Generative AI is coming to Microsoft Office and Google Workspace. Educators need to be prepared for talking about GenAI with their students outside of ChatGPT.
As educators, our first step into the world of generative AI is to arm ourselves with knowledge about the benefits and limitations of this technology. This pathway is designed to help you understand the mechanics of AI, empowering you to inform both yourself and your students.
Those who embark on this journey will:
Learn about generative AI technology, data, ethics, and bias
Prioritize the art of thinking and writing over reliance on generative text.
Establish clear guidelines for student use of generative AI in assignments, mitigating its impact on teaching, and learning to limit its disruptive potential in the classroom.
For those ready to delve deeper, the AI Assistance pathway offers a more exploratory approach. This route investigates how generative AI tools outside of ChatGPT can aid students in achieving specific learning outcomes, while still reinforcing the fundamental skills of AI literacy.
Educators choosing this pathway will:
Discover generative AI tools designed to assist students with writing, reading, research, feedback, and tutoring.
Introduce generative AI in structured assignments that align the tools with specific outcomes, fostering student reflection on their use of the technology.
Set clear boundaries on the level of assistance provided by certain generative AI tools to maintain a balanced learning environment.
Once you're comfortable with AI Literacy and AI Assistance, it's time to venture into the advanced realm of AI Aptitude. This pathway explores the cutting-edge use cases for generative AI in education and beyond
Educators eager to tread this path will:
Learn the basics of both introductory and advanced prompt engineering to design innovative assignments and assessments.
Explore the evolution of large language models, including their use of multimodal techniques to generate text, video, images, and code.
Show a keen interest in harnessing generative AI for instructional design, paving the way for a future-focused learning environment.

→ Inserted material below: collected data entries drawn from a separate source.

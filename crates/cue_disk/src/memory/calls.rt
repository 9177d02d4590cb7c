// The device calls of a memory disk.
ghost use Rattle.std.specs.Prelude.{◌≡◌, ◌≤◌, ◌+◌, ◌&&◌, ℕ, not, List, length, is_ok, is_err, take, drop, OnErr, IfOk};
ghost use Rattle.std.specs.Prelude.{OnOk};
ghost use Rattle.cue_disk.specs.Disk.{IsImage, IsStable, Writes, AllTouched, overwritten_bytes, Elapses, CountsFailure};
ghost use Rattle.cue_disk.specs.Memory.{
  memory_held,
  memory_moment,
  memory_held_at,
  memory_failures,
  memory_plan,
  lacked_memory,
  IsCounted,
  GoesAsPlanned,
  GoesWithMemory,
  IsBegun,
  IsEnded,
};
ghost use Rattle.cue_disk.specs.Effect.{written_as, synced_as};
ghost use Rattle.cue_disk.specs.Plan.{outcome_of, goes_through};

use crate::disk::{Disk, DiskFault};
use crate::memory::MemDisk;
use crate::plan::CallOutcome;
use std::alloc::AllocError;

impl MemDisk {
    // Counts a call, and says what is planned for it.
    fn begin(&mut self) -> CallOutcome
        ensures outcome { result ≡ outcome_of (memory_plan self.old) 1 }
        ensures begun { IsBegun self.old self.new }
    {
        let outcome = self.plan.next();
        self.plan.count();
        self.calls = self.calls.saturating_add(1);
        outcome
    }

    // What a call answers that was planned to end so and that did its work, or found no memory for it.
    fn end(&mut self, outcome: CallOutcome, done: Result<(), AllocError>) -> Result<(), DiskFault>
        ensures ended { IsEnded self.old self.new }
        ensures lacked { lacked_memory self.new ≡ is_err done }
        ensures succeeds { is_ok result ≡ (goes_through outcome && not (is_err done)) }
        ensures count { CountsFailure result (memory_failures self.old) (memory_failures self.new) }
    {
        self.lacked_memory = done.is_err();
        if outcome == CallOutcome::Succeeds && done.is_ok() {
            return Ok(());
        }
        self.failures = self.failures.saturating_add(1);
        Err(DiskFault)
    }

    // A call that changes nothing of what the disk holds.
    fn look(&mut self) -> Result<(), DiskFault>
        ensures same { self.new.medium ≡ self.old.medium }
        ensures counted { IsCounted self.old self.new }
        ensures succeeds { GoesAsPlanned result self.old }
        ensures count { CountsFailure result (memory_failures self.old) (memory_failures self.new) }
    {
        let outcome = self.begin();
        self.end(outcome, Ok(()))
    }
}

impl Disk for MemDisk {
    ghost use Rattle.cue_disk.specs.MediumLaws.{held_now, reads_as_image};

    ghost held = { memory_held };

    ghost moment = { memory_moment };

    ghost held_at = { memory_held_at };

    ghost failures = { memory_failures };

    ghost is_honest = { λ _. Unit {0} };

    fn len(&mut self) -> Result<u64, DiskFault>
        ensures len { IfOk result (λ len. len ≡ length (memory_held self.old).bytes) }
        ensures same { memory_held self.new ≡ memory_held self.old }
        ensures time { Elapses (memory_moment self.old) (memory_moment self.new)
            (memory_held_at self.old) (memory_held_at self.new) (memory_held self.new) }
        ensures count { CountsFailure result (memory_failures self.old) (memory_failures self.new) }
        ensures counted { IsCounted self.old self.new }
        ensures succeeds { GoesAsPlanned result self.old }
    {
        self.look()?;
        Ok(self.medium.bytes().len() as u64)
    }

    fn read_at(&mut self, at: u64, buf: &mut [u8]) -> Result<(), DiskFault>
        requires { at + length buf.old ≤ length (memory_held self.old).bytes }
        ensures read { OnOk result (buf.new ≡ take (length buf.old) (drop at (memory_held self.old).bytes)) }
        ensures same { memory_held self.new ≡ memory_held self.old }
        ensures time { Elapses (memory_moment self.old) (memory_moment self.new)
            (memory_held_at self.old) (memory_held_at self.new) (memory_held self.new) }
        ensures count { CountsFailure result (memory_failures self.old) (memory_failures self.new) }
        ensures counted { IsCounted self.old self.new }
        ensures succeeds { GoesAsPlanned result self.old }
        ensures unread { OnErr result (buf.new ≡ buf.old) }
    {
        self.look()?;
        self.medium.read(at as usize, buf);
        Ok(())
    }

    fn write_at(&mut self, at: u64, bytes: &[u8]) -> Result<(), DiskFault>
        requires { at ≤ length (memory_held self.old).bytes }
        ensures written { OnOk result ((memory_held self.new).bytes
            ≡ overwritten_bytes (memory_held self.old).bytes at bytes.now) }
        ensures touched { OnOk result (AllTouched at (length bytes.now) (memory_held self.new)) }
        ensures crash { Writes at (length bytes.now) (memory_held self.old) (memory_held self.new) }
        ensures time { Elapses (memory_moment self.old) (memory_moment self.new)
            (memory_held_at self.old) (memory_held_at self.new) (memory_held self.new) }
        ensures count { CountsFailure result (memory_failures self.old) (memory_failures self.new) }
        ensures counted { IsCounted self.old self.new }
        ensures succeeds { GoesWithMemory result self.old self.new }
        ensures stored { memory_held self.new ≡ written_as (outcome_of (memory_plan self.old) 1)
            (lacked_memory self.new) at bytes.now (memory_held self.old) }
    {
        let outcome = self.begin();
        let done = self.medium.write_as(outcome, at as usize, bytes);
        self.end(outcome, done)
    }

    fn sync(&mut self) -> Result<(), DiskFault>
        ensures stable { OnOk result (IsStable (memory_held self.new)) }
        ensures bytes { (memory_held self.new).bytes ≡ (memory_held self.old).bytes }
        ensures crash { (image : List ℕ) → IsImage (memory_held self.new) image → IsImage (memory_held self.old) image }
        ensures time { Elapses (memory_moment self.old) (memory_moment self.new)
            (memory_held_at self.old) (memory_held_at self.new) (memory_held self.new) }
        ensures count { CountsFailure result (memory_failures self.old) (memory_failures self.new) }
        ensures counted { IsCounted self.old self.new }
        ensures succeeds { GoesWithMemory result self.old self.new }
        ensures stored { memory_held self.new ≡ synced_as (outcome_of (memory_plan self.old) 1) (lacked_memory self.new)
            (memory_held self.old) }
    {
        let outcome = self.begin();
        let done = self.medium.sync_as(outcome);
        self.end(outcome, done)
    }

    ghost held_now = { λ disk _. held_now disk.medium };

    ghost reads_as_image = { λ disk _. reads_as_image disk.medium };
}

How do we gather all the messy bits of information about generative AI we need to form a framework about what it means to be AI literate? One method is to start a digital garden. Maggie Appleton’s ethos of digital gardening as a method of collecting, sorting, and ruminating on information is an excellent heuristic to apply to the chaotic information space that occupies our digital moment around generative AI.
Digital gardeners embrace a work-in progress ethos to information. Ideas often need time to flourish, revision and space to nurture, and sometimes need to be left to wither when a new, better idea replaces it. At its heart, Appleton argues that digital gardening is a “different way of thinking about our online behavior around information - one that accumulates personal knowledge over time in an explorable space.” Thus, Digital Gardening is all about taking control about how you learn in our chaotic digital public spaces.